Key takeaways for policymakers & investors

  • Trade deficit to widen: Every $10/bbl sustained rise adds $13-14 bn to import bill; CAD may hit 1.5-1.6% [citation:9].
  • Rupee under pressure: Record low of 91.29/$; RBI intervention only slowing the fall. 91.80-92 likely near-term [citation:2][citation:8].
  • Inflation risks: CPI could rise 0.2-0.4% if $80 crude sustained; may delay RBI rate cuts [citation:9].
  • FII outflows continue: ₹7,500 Cr sold in one session; global risk-off adds to currency pressure [citation:3][citation:8].
  • Sectoral pain: Aviation, paints, chemicals, OMCs face margin squeeze; upstream oil & defence outperform [citation:3][citation:6].
  • Growth at risk: $30/bbl shock could shave 70 bps off GDP, per Bernstein [citation:7].
  • Historical resilience: Past conflicts show shallow, temporary drawdowns; fundamentals reassert [citation:10].

What to watch next

The duration of the conflict is the key variable.

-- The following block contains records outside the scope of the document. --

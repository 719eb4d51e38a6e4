//! Boxes and meshes of floats, tested against what tiles hold.
ghost use Rattle.std.specs.Prelude.{◌≡◌, length, map, List};
ghost use Rattle.std.specs.List.{All};
ghost use Rattle.box_rays.specs.Objects.{IsBeside};
ghost use Rattle.maskcull_c.specs.Asked.{verdict_over};
ghost use Rattle.maskcull_c.specs.Floats.{IsAnswerFor, IsMeshAnswerFor, IsView, MayStandFor, corners_of, joined, points_of, position_count, screen_of};
ghost use Rattle.maskcull_c.specs.Given.{IsAmong, IsSetup, size_of};
ghost use Rattle.maskcull_c.specs.Lenses.{IsMeshVerdict, MeetsScreen, shape_of};
ghost use Rattle.maskcull_c.specs.Tiles.{AreAll, IsAnswer};
ghost use Rattle.maskcull_c.specs.declared.status.TheConstants.{BAD_SETUP, BAD_TILES, BAD_INDEX, OUTSIDE};

use crate::ask::{are_all, code};
use crate::given::{Setup, Triangle, are_among};
use crate::lens::Lens;
use crate::status::{BAD_INDEX, BAD_SETUP, BAD_TILES};
use crate::view::{Bounds, View};
use box_rays::Reached;
use cull_base::{Size, Verdict};
use masked_update::{PlainView, TileState};
use rect_query::rect_test;

// Where a box is seen.
fn reached_by_box(setup: &Setup, view: &View, bounds: &Bounds) -> Reached
    requires setup { IsSetup setup.now }
    requires view { IsView setup.now view.now }
    ensures stands { MayStandFor setup.now view.now (corners_of view.now bounds.now) (shape_of result) }
    ensures meets { MeetsScreen (size_of setup.now) result }
{
    let Some(lens) = Lens::of(setup, view) else {
        return Reached::Visible;
    };
    match lens.rows.box_corners(&bounds.low, &bounds.high) {
        Some(corners) => lens.reached(&corners),
        None => Reached::Visible,
    }
}

// Where a triangle is seen. Condition: it names positions that are there.
fn reached_by_triangle(lens: &Lens, positions: &[u32], triangle: &Triangle) -> Reached
    requires { IsAmong (position_count lens.now.view.stride (length positions.now)) triangle.now }
    ensures stands { MayStandFor lens.now.setup lens.now.view
        (points_of lens.now.view positions.now triangle.now) (shape_of result) }
    ensures meets { MeetsScreen (size_of lens.now.setup) result }
{
    let Some(a) = lens.point(positions, triangle.a as usize) else {
        return Reached::Visible;
    };
    let Some(b) = lens.point(positions, triangle.b as usize) else {
        return Reached::Visible;
    };
    match lens.point(positions, triangle.c as usize) {
        Some(c) => lens.reached(&[a, b, c]),
        None => Reached::Visible,
    }
}

// The verdict on what is seen so.
fn verdict_on(tiles: &[TileState], size: Size, reached: Reached) -> Verdict
    requires all { AreAll size tiles.now }
    requires meets { MeetsScreen size reached }
    ensures { result ≡ verdict_over size tiles.now (shape_of reached) }
{
    match reached {
        Reached::Outside => Verdict::Outside,
        Reached::Visible => Verdict::Visible,
        Reached::At { rect, nearness } => rect_test(&PlainView::new(tiles), size, rect, nearness),
    }
}

// Two verdicts together.
fn joined(one: Verdict, other: Verdict) -> Verdict
    ensures { result ≡ joined one other }
{
    match one {
        Verdict::Visible => Verdict::Visible,
        Verdict::Outside => other,
        Verdict::Occluded => match other {
            Verdict::Visible => Verdict::Visible,
            Verdict::Occluded | Verdict::Outside => Verdict::Occluded,
        },
    }
}

// The verdict on triangles, each by itself. Condition: they name positions that are there.
fn triangles_verdict(
    tiles: &[TileState],
    size: Size,
    lens: &Lens,
    positions: &[u32],
    triangles: &[Triangle],
) -> Verdict
    requires all { AreAll size tiles.now }
    requires size { size ≡ size_of lens.now.setup }
    requires among { All (IsAmong (position_count lens.now.view.stride (length positions.now))) triangles.now }
    ensures { IsMeshVerdict lens.now.setup lens.now.view tiles.now positions.now triangles.now result }
{
    let mut verdict = Verdict::Outside;
    for triangle in triangles {
        let reached = reached_by_triangle(lens, positions, triangle);
        let next = joined(verdict, verdict_on(tiles, size, reached));
        if let Verdict::Visible = next {
            return Verdict::Visible;
        }
        verdict = next;
    }
    verdict
}

// The verdict on a mesh.
fn mesh_verdict(
    setup: &Setup,
    tiles: &[TileState],
    size: Size,
    view: &View,
    positions: &[u32],
    triangles: &[Triangle],
) -> Verdict
    requires setup { IsSetup setup.now }
    requires view { IsView setup.now view.now }
    requires all { AreAll size tiles.now }
    requires size { size ≡ size_of setup.now }
    requires among { All (IsAmong (position_count view.now.stride (length positions.now))) triangles.now }
    ensures { IsMeshVerdict setup.now view.now tiles.now positions.now triangles.now result }
{
    match Lens::of(setup, view) {
        Some(lens) => triangles_verdict(tiles, size, &lens, positions, triangles),
        None => if triangles.is_empty() {
            Verdict::Outside
        } else {
            Verdict::Visible
        },
    }
}

/// Tests a box of floats: occluded where all of it that is seen is hidden, outside where nothing of it is seen on the
/// screen, else visible; so where a number of it, of the matrix or the near distance is none.
#[unsafe(no_mangle)]
pub extern "C" fn maskcull_test_box_floats(
    setup: &Setup,
    tiles: &[TileState],
    view: &View,
    bounds: &Bounds,
) -> u32
    ensures value { IsSetup setup.now → IsView setup.now view.now → AreAll (size_of setup.now) tiles.now
        → IsAnswerFor setup.now view.now tiles.now (corners_of view.now bounds.now) result }
    ensures beside { result ≡ OUTSIDE → IsBeside (screen_of view.now) (corners_of view.now bounds.now) }
    ensures bad_setup { result ≡ BAD_SETUP → IsSetup setup.now → IsView setup.now view.now → ⊥ }
    ensures bad_tiles { result ≡ BAD_TILES → AreAll (size_of setup.now) tiles.now → ⊥ }
    ensures refuses_setup { (IsSetup setup.now → IsView setup.now view.now → ⊥) → result ≡ BAD_SETUP }
    ensures refuses_tiles { IsSetup setup.now → IsView setup.now view.now
        → (AreAll (size_of setup.now) tiles.now → ⊥) → result ≡ BAD_TILES }
    ensures known { IsAnswer 2 result }
{
    let Some(checked) = view.checked(setup) else {
        return BAD_SETUP;
    };
    if !are_all(tiles, checked.size) {
        return BAD_TILES;
    }
    let reached = reached_by_box(setup, view, bounds);
    code(verdict_on(tiles, checked.size, reached))
}

/// Tests a mesh of floats, each triangle by itself and from both sides: outside where each is, occluded where each
/// other one is, else visible. A triangle is visible where a number of it, of the matrix or the near distance is none.
#[unsafe(no_mangle)]
pub extern "C" fn maskcull_test_mesh_floats(
    setup: &Setup,
    tiles: &[TileState],
    view: &View,
    positions: &[u32],
    triangles: &[Triangle],
) -> u32
    ensures value { IsSetup setup.now → IsView setup.now view.now → AreAll (size_of setup.now) tiles.now
        → All (IsAmong (position_count view.now.stride (length positions.now))) triangles.now
        → IsMeshAnswerFor setup.now view.now tiles.now positions.now triangles.now result }
    ensures beside { result ≡ OUTSIDE
        → All (λ t. IsBeside (screen_of view.now) (points_of view.now positions.now t)) triangles.now }
    ensures bad_setup { result ≡ BAD_SETUP → IsSetup setup.now → IsView setup.now view.now → ⊥ }
    ensures bad_tiles { result ≡ BAD_TILES → AreAll (size_of setup.now) tiles.now → ⊥ }
    ensures bad_index { result ≡ BAD_INDEX
        → All (IsAmong (position_count view.now.stride (length positions.now))) triangles.now → ⊥ }
    ensures refuses_setup { (IsSetup setup.now → IsView setup.now view.now → ⊥) → result ≡ BAD_SETUP }
    ensures refuses_tiles { IsSetup setup.now → IsView setup.now view.now
        → (AreAll (size_of setup.now) tiles.now → ⊥) → result ≡ BAD_TILES }
    ensures refuses_index { IsSetup setup.now → IsView setup.now view.now → AreAll (size_of setup.now) tiles.now
        → (All (IsAmong (position_count view.now.stride (length positions.now))) triangles.now → ⊥)
        → result ≡ BAD_INDEX }
    ensures known { IsAnswer 3 result }
{
    let Some(checked) = view.checked(setup) else {
        return BAD_SETUP;
    };
    if !are_all(tiles, checked.size) {
        return BAD_TILES;
    }
    if !are_among(triangles, view.position_count(positions)) {
        return BAD_INDEX;
    }
    code(mesh_verdict(setup, tiles, checked.size, view, positions, triangles))
}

A prolonged closure of the Strait of Hormuz could push crude towards $90-100, amplifying all the above risks [citation:9]. Key monitorables: (1) US-Iran diplomatic moves, (2) RBI's intervention strategy and tolerance level for rupee depreciation, (3) government's fiscal response (possible excise cuts), and (4) Q4 corporate earnings for margin impact. For long-term investors, history suggests using dips to accumulate quality domestic consumption stories, while staying cautious on oil-sensitive sectors [citation:10].

Disclaimer: The analysis and views are for information only. Please consult your advisor before taking investment or hedging decisions.